Banks and private equity firms subject to the controversial US tax law say all countries, whether 'FATCA partners' or not, should be able to use service providers to meet their reporting duties.


Foreign financial firms subject to the US Foreign Account Tax Compliance Act (FATCA) are lobbying US tax authorities to allow for third party service providers to handle certain reporting duties under the controversial bill. 

In a recent letter to US Treasury the British Bankers’ Association (BBA) noted that only countries that sign an “Intergovernmental agreement”, which was revealed earlier this year, are able to use a third party to fulfill FATCA reporting obligations. Foreign firms outside of countries deemed “FATCA partners” must duplicate the efforts of any third party reporting service to meet FATCA. 

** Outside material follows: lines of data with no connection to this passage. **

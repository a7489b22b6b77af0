//! What a command line asks for.

/// The files that every command works on.
#[derive(Clone, Copy)]
pub struct Files<'a> {
    /// The deck: cards for the drum.
    pub deck: &'a str,
    /// The timing table.
    pub times: &'a str,
    /// The notes on loops and altered words.
    pub notes: &'a str,
}

/// What is asked of a deck with its timing table and notes.
#[derive(Clone, Copy)]
pub enum Question {
    /// The most word times that any run takes that keeps to the notes.
    Bound,
    /// Where the worst walk spends the word times of the bound, by card.
    Report,
    /// The worst walk itself, visit by visit.
    Walk,
    /// Where the worst walk waits, and for what, by instruction.
    Waits,
    /// The table of worst times: when a location is reached at the latest, by the marks' counts.
    Table,
    /// How large the analysis is: executed words, their hops, counts, entries of the table.
    Size,
    /// The flow graph, of whatever the deck and the notes are.
    Graph,
    /// The flow graph with words that go straight on from one to the next as one box.
    Outline,
    /// A picture of the worst walk.
    Draw,
    /// A number of word times that no run which keeps to the notes passes, however much the notes
    /// let the deck's loops run.
    Ceiling,
}

/// What a command line asks for.
#[derive(Clone, Copy)]
pub enum Command<'a> {
    /// The answer to a question.
    Answer(Question, Files<'a>),
    /// All that keeps the deck from having a bound under the notes; and what is wrong with the
    /// inputs of the last file, if it is named.
    Check(Files<'a>, Option<&'a str>),
    /// The verdict on one run, which is given the inputs of the last file.
    Replay(Files<'a>, &'a str),
    /// That run, step by step, and the verdict on it.
    Trace(Files<'a>, &'a str),
    /// A picture of that run.
    DrawRun(Files<'a>, &'a str),
}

According to the BBA, current FATCA proposals define both a fund and its third party service provider a withholding agent subject to reporting rules. Accordingly, this presents a problem for many private equity houses who hope to appoint a third party to gather investor documentation, undertake due diligence and file reports.

“The potential for duplicate reporting under the latest agreement would be unwelcome,” the British Private Equity and Venture Capital Association (BVCA) stated in an email to sister publication PE Manager. 

Despite these concerns the BBA did welcome many of the provisions in the intergovernmental agreement model, including the “automatic exchange of information.” This reciprocal exchange of information could lead to a greater take of tax revenue for the UK’s Treasury from UK residents engaging in aggressive offshore tax avoidance schemes.